## AIM OF THE TASK
In the entries that follow, which lines hold the string "count"? List them.

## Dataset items
==================================================

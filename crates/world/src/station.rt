//! A node of a world: its core, how much of its journal is committed, and whether it runs.
ghost use Rattle.std.specs.BTreeSet.{contains};
ghost use Rattle.std.specs.Prelude.{◌≡◌, ◌≤◌, ◌==◌, ◌||◌, [], ℕ, false, length, take, slice_get, option_copied, IfOk, OnErr, OnOk};
ghost use Rattle.std.specs.Ordering.{nat_cmp};
ghost use Rattle.protocol.specs.World as worlds;
ghost use Rattle.world.specs.Cores.{journal_of, node_of, scheme_of};

use crate::any_core::Core;
use protocol::{NodeCore, Outcome, ReplayFault, replay};
use std::alloc::Global;
use std::collections::BTreeSet;
use std::mem;
use units::{NoMemory, Node, Refusal};
use wire::{Input, Message};

/// A node of a world. The first `committed` records of its core's journal are committed, the others are its tail.
#[derive(Debug, Drop)]
pub(crate) struct Station {
    pub core: Core,
    pub committed: usize,
    pub runs: bool,
    /// The keys of the messages that it posted.
    pub posted: BTreeSet<u64>,
    pub ghost within: { committed ≤ length (journal_of core) },
}

/// The core of the first `records` records of the journal.
fn core_before(core: &Core, records: usize) -> Result<Core, NoMemory>
    requires { records ≤ length (journal_of core.now) }
    ensures scheme { IfOk result (λ c. scheme_of c ≡ scheme_of core.now) }
    ensures node { IfOk result (λ c. node_of c ≡ node_of core.now) }
    ensures journal { IfOk result (λ c. journal_of c ≡ take records (journal_of core.now)) }
{
    match replay(core, &core.journal()[..records]) {
        Ok(core) => Ok(core),
        Err(ReplayFault::NoMemory) => Err(NoMemory),
        // The first records of a journal are always recorded again.
        Err(ReplayFault::NotRecorded(_)) => unreachable!(),
    }
}

/// Cuts the core's journal to its first `records` records. Only where this drops records is the remaining journal
/// replayed. After `NoMemory` the core is as it was.
fn cut_core(core: &mut Core, records: usize) -> Result<(), NoMemory>
    requires { records ≤ length (journal_of core.old) }
    ensures front { OnOk result (take records (journal_of core.new) ≡ take records (journal_of core.old)) }
    ensures short { OnOk result (length (journal_of core.new) ≤ records) }
    ensures err { OnErr result (core.new ≡ core.old) }
    ensures scheme { scheme_of core.new ≡ scheme_of core.old }
    ensures node { node_of core.new ≡ node_of core.old }
{
    if core.records() <= records {
        return Ok(());
    }
    let restarted = core_before(core, records)?;
    drop(mem::replace(core, restarted));
    Ok(())
}

impl Station {
    ghost use Rattle.world.specs.Stations.{station_of, uncommitted_station};

    /// A running node with that core, which has committed no record of its journal and has posted nothing. Takes no
    /// memory.
    pub(crate) fn new(alloc: Global, core: Core) -> Station
        ensures seen { station_of result ≡ uncommitted_station core }
        ensures core { result.core ≡ core }
        ensures posted { (key : ℕ) → contains nat_cmp result.posted key ≡ false }
    {
        Station {
            core,
            committed: 0,
            runs: true,
            posted: BTreeSet::new(alloc),
        }
    }

    /// Takes an input, with the protocol's outcome. After `NoMemory` the node is as it was.
    pub(crate) fn take(&mut self, input: &Input) -> Result<Outcome, NoMemory>
        ensures ok { IfOk result
            (λ o. record { station = station_of self.new; outcome = o }
            ≡ worlds.take_input (scheme_of self.old.core) input.now (station_of self.old)) }
        ensures err { OnErr result (station_of self.new ≡ station_of self.old) }
        ensures scheme { scheme_of self.new.core ≡ scheme_of self.old.core }
        ensures node { node_of self.new.core ≡ node_of self.old.core }
        ensures posted { self.new.posted ≡ self.old.posted }
    {
        if !self.runs {
            return Ok(Outcome::NotPossible);
        }
        match self.core.step(input) {
            Ok(stepped) => Ok(Outcome::from(stepped)),
            Err(refusal) if refusal == Refusal::NO_MEMORY => Err(NoMemory),
            Err(refusal) => Ok(Outcome::Refused(refusal.code)),
        }
    }

    /// Commits the first `count` records of the tail, where the node runs and its tail has that many.
    pub(crate) fn commit(&mut self, count: u64) -> Outcome
        ensures value { record { station = station_of self.new; outcome = result }
            ≡ worlds.commit count (station_of self.old) }
        ensures core { self.new.core ≡ self.old.core }
        ensures posted { self.new.posted ≡ self.old.posted }
    {
        let tail = self.core.records() - self.committed;
        if self.runs && count <= tail as u64 {
            self.committed += count as usize;
            Outcome::Done
        } else {
            Outcome::NotPossible
        }
    }

    /// Stops the node, where it runs and its tail has `kept` records: these are committed, and the other records of the
    /// tail are lost. After `NoMemory` the node is as it was.
    pub(crate) fn crash(&mut self, kept: u64) -> Result<Outcome, NoMemory>
        ensures ok { IfOk result
            (λ o. record { station = station_of self.new; outcome = o } ≡ worlds.crash kept (station_of self.old)) }
        ensures err { OnErr result (station_of self.new ≡ station_of self.old) }
        ensures scheme { scheme_of self.new.core ≡ scheme_of self.old.core }
        ensures node { node_of self.new.core ≡ node_of self.old.core }
        ensures posted { self.new.posted ≡ self.old.posted }
    {
        let tail = self.core.records() - self.committed;
        if !self.runs || kept > tail as u64 {
            return Ok(Outcome::NotPossible);
        }
        let left = self.committed + kept as usize;
        cut_core(&mut self.core, left)?;
        self.committed = left;
        self.runs = false;
        Ok(Outcome::Done)
    }

    /// Starts a stopped node.
    pub(crate) fn restart(&mut self) -> Outcome
        ensures value { record { station = station_of self.new; outcome = result }
            ≡ worlds.restart (station_of self.old) }
        ensures core { self.new.core ≡ self.old.core }
        ensures posted { self.new.posted ≡ self.old.posted }
    {
        if self.runs {
            Outcome::NotPossible
        } else {
            self.runs = true;
            Outcome::Done
        }
    }

    /// The message with that key, of a running node where its record is committed.
    pub(crate) fn sent(&self, key: u64) -> Option<&Message>
        ensures { option_copied result ≡ worlds.sent (scheme_of self.now.core) key (station_of self.now) }
    {
        let key = key as usize;
        if self.runs && key < self.core.sent_by(self.committed) {
            self.core.outbox(key)
        } else {
            None
        }
    }

    /// Notes that the message with that key was posted. After `NoMemory` nothing has changed.
    pub(crate) fn mark_posted(&mut self, key: u64) -> Result<(), NoMemory>
        ensures seen { station_of self.new ≡ station_of self.old }
        ensures core { self.new.core ≡ self.old.core }
        ensures ok { OnOk result ((k : ℕ)
            → contains nat_cmp self.new.posted k ≡ (contains nat_cmp self.old.posted k || (key == k))) }
        ensures err { OnErr result ((k : ℕ) → contains nat_cmp self.new.posted k ≡ contains nat_cmp self.old.posted k) }
    {
        self.posted.insert(key)?;
        Ok(())
    }
}
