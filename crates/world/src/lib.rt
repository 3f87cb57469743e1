//! All nodes of a scheme, each with its core, and the bag of posted messages: one world, which moves by events.
#![tactic(auto)]

mod any_core;
mod reached;
mod station;
mod stations;
mod views;
mod world;

pub use any_core::Core;
pub use protocol::{Outcome, Posted, WorldEvent};
pub use reached::ReachedWorld;
pub use views::{ProposedTransfer, Stock};
pub use world::World;
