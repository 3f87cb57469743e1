//! The core of a registry, or of the log.

use log_core::LogCore;
use protocol::{NodeCore, Stepped};
use records::Records;
use registry_core::RegistryCore;
use scheme::Scheme;
use status::{Status, TransactionId};
use std::alloc::Global;
use units::{NoMemory, Node, Refusal};
use wire::Input;

/// The core of a registry, or of the log.
#[derive(Debug, Drop)]
pub enum Core {
    Registry(RegistryCore),
    Log(LogCore),
}

impl Core {
    ghost use Rattle.std.specs.Prelude.{◌≡◌, [], IfOk};
    ghost use Rattle.world.specs.Cores.{journal_of, node_of, scheme_of};

    /// The core of that node under that scheme, which has recorded nothing yet; or `NoMemory`.
    pub fn new(alloc: Global, scheme: &Scheme, node: Node) -> Result<Core, NoMemory>
        ensures { IfOk result (λ c. (scheme_of c ≡ scheme.now) × (node_of c ≡ node) × (journal_of c ≡ [])) }
    {
        match node {
            Node::Itl => Ok(Core::Log(LogCore::new(alloc, scheme)?)),
            Node::Registry(code) => Ok(Core::Registry(RegistryCore::new(alloc, scheme, code)?)),
        }
    }
}

impl NodeCore for Core {
    ghost use Rattle.world.specs.Cores as cores;

    ghost scheme_of = { cores.scheme_of };

    ghost node_of = { cores.node_of };

    ghost journal_of = { cores.journal_of };

    ghost lacked_memory = { λ _ _. Unit {0} };

    fn node(&self) -> Node {
        match self {
            Core::Registry(core) => core.node(),
            Core::Log(core) => core.node(),
        }
    }

    fn recorded(&self) -> &Records {
        match self {
            Core::Registry(core) => core.recorded(),
            Core::Log(core) => core.recorded(),
        }
    }

    fn step(&mut self, input: &Input) -> Result<Stepped, Refusal> {
        match self {
            Core::Registry(core) => core.step(input),
            Core::Log(core) => core.step(input),
        }
    }

    fn status_of(&self, id: TransactionId) -> Option<Status> {
        match self {
            Core::Registry(core) => core.status_of(id),
            Core::Log(core) => core.status_of(id),
        }
    }

    fn fresh(&self) -> Result<Core, NoMemory> {
        match self {
            Core::Registry(core) => Ok(Core::Registry(core.fresh()?)),
            Core::Log(core) => Ok(Core::Log(core.fresh()?)),
        }
    }
}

==================================================

## COMPLETED TASK
    /// Commits the first `count` records of the tail, where the node runs and its tail has that many.
    pub(crate) fn commit(&mut self, count: u64) -> Outcome
            ≡ worlds.commit count (station_of self.old) }
        if self.runs && count <= tail as u64 {
            self.committed += count as usize;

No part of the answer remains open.